Sor Juana Inés de la Cruz muere en el 1695, durante una epidemia de cólera que causó grandes estragos en la ciudad, mientras se dedicaba a cuidar a las monjas del convento de San Jerónimo, sabiendo que podía contagiarse.

Se han escrito muchos libros y ensayos sobre Juana Inés de la Cruz, hasta ahora el mas erudito es el escrito por Octavio Paz, ganador del Premio Nobel, y que titulara “Sor Juana Inés de la Cruz: o Las trampas de la fe”.  Este volumen de 673 páginas fue publicado por el Fondo de Cultura Económica en 1982, y para el 2010 ya había sido re-impreso en 18 ediciones. Siempre tengo la esperanza de que algún día alguien logre traducir sus poemas al inglés, con la belleza del lenguaje y el erotismo con que ella los escribió.
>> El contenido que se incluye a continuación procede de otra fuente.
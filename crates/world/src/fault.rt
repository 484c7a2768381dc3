//! Why a world is not made, or a program not added to one.
ghost use Rattle.std.specs.Prelude.{◌≡◌};

use bpf_model::ProgId;
use thiserror::Error;

/// Why a world is not made, or a program not added to one.
#[derive(Clone, Copy, Debug, PartialEq, Eq, Error)]
pub enum WorldFault {
    /// There are more than `MAX_PROGRAMS` programs, or one more would be.
    #[error("more programs than a world may have")]
    TooManyPrograms,
    /// The first program whose maps are missing, have other shapes than it was verified for, or differ
    /// from those in number.
    #[error("program {} is not bound to maps of the shapes that it was verified for", .program.index())]
    Binding { program: ProgId },
    /// An allocation failed.
    #[error("out of memory")]
    Memory,
}

impl WorldFault {
    ghost use Rattle.world.specs.Numbers.{world_fault_number};

    /// The number by which the fault is known: 54, 55, or 13 for want of memory.
    pub fn code(self) -> u8
        ensures { result ≡ world_fault_number self }
    {
        match self {
            WorldFault::TooManyPrograms => 54,
            WorldFault::Binding { .. } => 55,
            WorldFault::Memory => 13,
        }
    }
}
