// The call `follow`.
ghost use Rattle.std.specs.Prelude.{◌≡◌, ◌<◌};
ghost use Rattle.cycles.specs.State.{shape_ok};
ghost use Rattle.nets.specs.Promises.{Planned};
ghost use Rattle.ports.specs.Places.{sig_at, ready_at};
ghost use Rattle.rows.specs.Ends.{read};
ghost use Rattle.sim.specs.Laid.{Given};
ghost use Rattle.chains.specs.Chain.{chain_from};
ghost use Rattle.chains.specs.Rows.{next_no};
ghost use Rattle.stalls.specs.Answered.{chain_in_answer};
ghost use Rattle.stalls.specs.Calls.{no_chain, chain_by, answer_of, follow_of};

use crate::Chain;
use blocks::{Refusal, Sig};
use chains::walk::{ask_ready, ask_word};
use chains::{Seen, Walked};
use cycles::State;
use nets::{Net, Plan};
use rows::{Laid, Streams};
use signals::wires::wires;
use sim::cycle::{begin, listed};

// No channel: a refused call, or 0 where the first channel delivers.
fn no_chain(refusal: u8) -> Chain
    ensures { result ≡ no_chain refusal }
{
    Chain {
        refusal,
        count: 0,
        channels: [0; 128],
        valid: [false; 128],
        ending: None,
    }
}

// The chain from channel c, where the signals are worked out: from its producer on if it lacks V, else from its consumer on if it lacks R.
fn chain_from(c: u8, seen: Seen) -> Chain
    requires { c < seen.net.now.channels }
    ensures { let signals = sig_at seen.entry.signals.now in result ≡ chain_by (λ x. (signals x).valid) (chain_from (next_no seen.entry) (signals c).valid (ready_at seen.entry.ready.now c) c) }
{
    let at = c as usize;
    let mut walked = Walked::START;
    let ending = if !seen.signals[at].valid {
        ask_word(c, seen, &mut walked)
    } else if !seen.ready[at] {
        ask_ready(c, seen, &mut walked)
    } else {
        // stays: 0 is no refusal, the channel delivers.
        return no_chain(0);
    };
    Chain {
        refusal: 0,
        count: walked.count,
        channels: walked.channels,
        valid: walked.valid,
        ending: Some(ending),
    }
}

// The chain in one cycle of a net that is laid out, from a state and over streams that have passed the tests.
// stays: offer and ready part where they are used, in `wires`; a struct would only be taken apart there.
fn work(
    laid: &Laid,
    plan: &Plan,
    state: &State,
    streams: Streams,
    offer: u32,
    ready: u32,
    channel: u8,
) -> Chain
    requires planned { Planned laid.now.net.now (Ok plan.now) }
    requires given { Given laid.now.net.now state.now (read streams.words) (read streams.ends) laid.now }
    requires channel_lt_channels { channel < laid.now.net.now.channels }
    ensures { result ≡ answer_of laid.now.net.now state.now (read streams.entry.words) (read streams.entry.ends) offer ready channel }
{
    let mut signals = [Sig::NOTHING; 128];
    let mut taken = [false; 128];
    wires(laid, streams, offer, ready, state, &mut signals, &mut taken);
    let seen = Seen {
        net: laid.net,
        state,
        signals: &signals,
        ready: &taken,
        producer: &plan.producer,
        consumer: &plan.consumer,
    };
    chain_from(channel, seen)
}

// The chain, refused in this order: 12 (the net), 13 (the state), 14 (the ends), 24 (the channel).
// stays: offer and ready part where they are used, in `wires`; a struct would only be taken apart there.
fn followed(
    net: &Net,
    state: &State,
    streams: Streams,
    offer: u32,
    ready: u32,
    channel: u32,
) -> Result<Chain, Refusal>
    ensures { chain_in_answer result ≡ follow_of net.now state.now (read streams.entry.words) (read streams.entry.ends) offer ready channel }
{
    let Ok(plan) = nets::check(net) else {
        return Err(Refusal::Net);
    };
    let laid = begin(net, &plan, state, streams)?;
    if net.channels as u32 <= channel {
        return Err(Refusal::Channel);
    }
    let channel = channel as u8;
    Ok(work(&laid, &plan, state, streams, offer, ready, channel))
}

// The chain of waiting channels from a channel on, in the cycle that a step would work. Refused in this order: 12 (the net), 13 (the state), 14 (the ends), 24 (the channel); then
// there is no channel. A state at its last cycle can be asked.
// stays: the parameters of a public call stay as they were.
pub fn follow(
    net: Net,
    state: State,
    stream: &[u32],
    ends: &[u32],
    offer: u32,
    ready: u32,
    channel: u32,
) -> Chain
    ensures { result ≡ follow_of net state stream.now ends.now offer ready channel }
{
    match followed(&net, &state, listed(stream, ends), offer, ready, channel) {
        Ok(chain) => chain,
        Err(refusal) => no_chain(refusal as u8),
    }
}
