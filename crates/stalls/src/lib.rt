// Following a stall to its cause (change request 9): from a channel that does not deliver along those that it waits for, to what keeps them all.
#![tactic(auto)]

use asking::Ending;

pub mod follow;

// What `follow` returns: its refusal, or 0; how many channels the chain has; which, in order; whether each of them has V (then it lacks R); how the chain ends, if there is one.
// (Count and lists beside one another: the fields of this answer may not change.)
#[derive(Clone, Copy)]
pub struct Chain {
    // stays: what stands beside a refusal is promised too (`follow_of`: no channel, no ending).
    pub refusal: u8,
    // stays: the answer is promised with its count (`follow_of`).
    pub count: usize,
    pub channels: [u8; 128],
    pub valid: [bool; 128],
    pub ending: Option<Ending>,
}
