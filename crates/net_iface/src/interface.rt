//! The interface, and its answer to a packet.
use std::marker::Model;

/// What becomes of a packet that is offered.
#[derive(Clone, Copy, Debug, PartialEq, Eq)]
pub enum Offer {
    /// It is taken, and its last bit leaves after so many ticks.
    Sent(u64),
    /// The buffer has no room for it.
    Dropped,
}

/// An interface with a drop-tail buffer: its bitrate in bit/s, the ticks of a second, its buffer in
/// bytes, and the tick at which it has sent all that it took.
#[derive(Clone, Copy, Debug, PartialEq, Eq)]
pub struct Interface {
    bitrate: u64,
    frequency: u64,
    buffer: u64,
    free: u64,
}

impl Model for Interface {
    ghost use Rattle.net_iface.specs.InterfaceFields.{InterfaceFields, IsInterface};

    ghost Value = { InterfaceFields };

    ghost view = { λ i. record { bitrate = i.bitrate; frequency = i.frequency; buffer = i.buffer; free = i.free } };

    ghost invariant = { λ i. IsInterface (record { bitrate = i.bitrate; frequency = i.frequency; buffer = i.buffer; free = i.free }) };

    ghost inverse = { λ i. record { bitrate = i.bitrate; frequency = i.frequency; buffer = i.buffer; free = i.free } };
}

impl Interface {
    ghost use Rattle.std.specs.Prelude.{◌≡◌, ◌≤◌, ◌*◌, ◌/◌, ◌^◌, ◌+◌};
    ghost use Rattle.sim_base.specs.Traffic.{ticks_of};
    ghost use Rattle.net_iface.specs.InterfaceFields.{IsRated, IsInterface};
    ghost use Rattle.net_iface.specs.DropTail.{offered, after_offer, IfSent};

    /// An idle interface: `bitrate` in bit/s and `frequency` in ticks a second from 1 to 10^12,
    /// `buffer` in bytes from 1 to 2^31.
    pub fn new(bitrate: u64, frequency: u64, buffer: u64) -> Interface
        requires { IsRated bitrate frequency buffer }
        ensures { result ≡ record { bitrate = bitrate; frequency = frequency; buffer = buffer; free = 0 } }
    {
        Interface {
            bitrate,
            frequency,
            buffer,
            free: 0,
        }
    }

    /// Tells a proof that the fields are in their ranges.
    pub fn known(&self)
        ensures { IsInterface self.now }
    {
        let _free = self.free;
    }

    /// Offers a packet of so many bytes at the tick `now`. It is dropped exactly where the bytes
    /// still to be sent, rounded down, and its own are more than the buffer; then nothing changes.
    #[tactic(auto, unfolding(crate::specs::DropTail::offered, crate::specs::DropTail::after_offer))]
    pub fn offer(&mut self, bytes: u64, now: u64) -> Offer
        requires { now ≤ 10 ^ 18 }
        ensures answer { result ≡ offered self.old bytes now }
        ensures after { self.new ≡ after_offer self.old bytes now }
        ensures short { IfSent result (λ delay. delay ≤ 10 ^ 15) }
    {
        let wait = self.free.max(now) - now;
        if self.queued(wait) + u128::from(bytes) > u128::from(self.buffer) {
            return Offer::Dropped;
        }
        let delay = self.delay(wait, bytes);
        self.free = now + delay;
        Offer::Sent(delay)
    }

    /// The bytes that leave in `wait` ticks, rounded down.
    fn queued(&self, wait: u64) -> u128
        ensures { result ≡ wait * self.now.bitrate / (8 * self.now.frequency) }
    {
        u128::from(wait) * u128::from(self.bitrate) / (8 * u128::from(self.frequency))
    }

    /// The ticks until the last of these bytes has left, which begin after `wait` ticks.
    fn delay(&self, wait: u64, bytes: u64) -> u64
        requires { wait * self.now.bitrate / (8 * self.now.frequency) + bytes ≤ self.now.buffer }
        ensures delay { result ≡ wait + ticks_of self.now.bitrate self.now.frequency bytes }
        ensures short { result ≤ 10 ^ 15 }
    {
        let bits = 8 * u128::from(bytes);
        let ticks = (bits * u128::from(self.frequency)).div_ceil(u128::from(self.bitrate));
        wait + ticks as u64
    }
}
Hasta ahora no he logrado conseguir ninguna traducción que le haga justicia, ni siquiera la recientemente publicada por la traductora Edith Grossman se acerca a la sensualidad de sus palabras.

Cuando en el 2010 viajé a la ciudad de México, al preguntarme mis amigos a dónde quería ir, enseguida les dije que al “Convento de Sor Juana”. Para mi estar en ese lugar y pensar que en algún tiempo ella vivió allí, fue muy estimulante, y al mismo tiempo, un recordatorio de todo lo que han sufrido las mujeres, quienes como ella, han luchado contra la injusticia de género, contra la negación de su humanidad y el lograr superarse simplemente porque son mujeres. Si hay algo que Juana Inés nos ha enseñado es que no podemos darnos por vencidas ante la opresión.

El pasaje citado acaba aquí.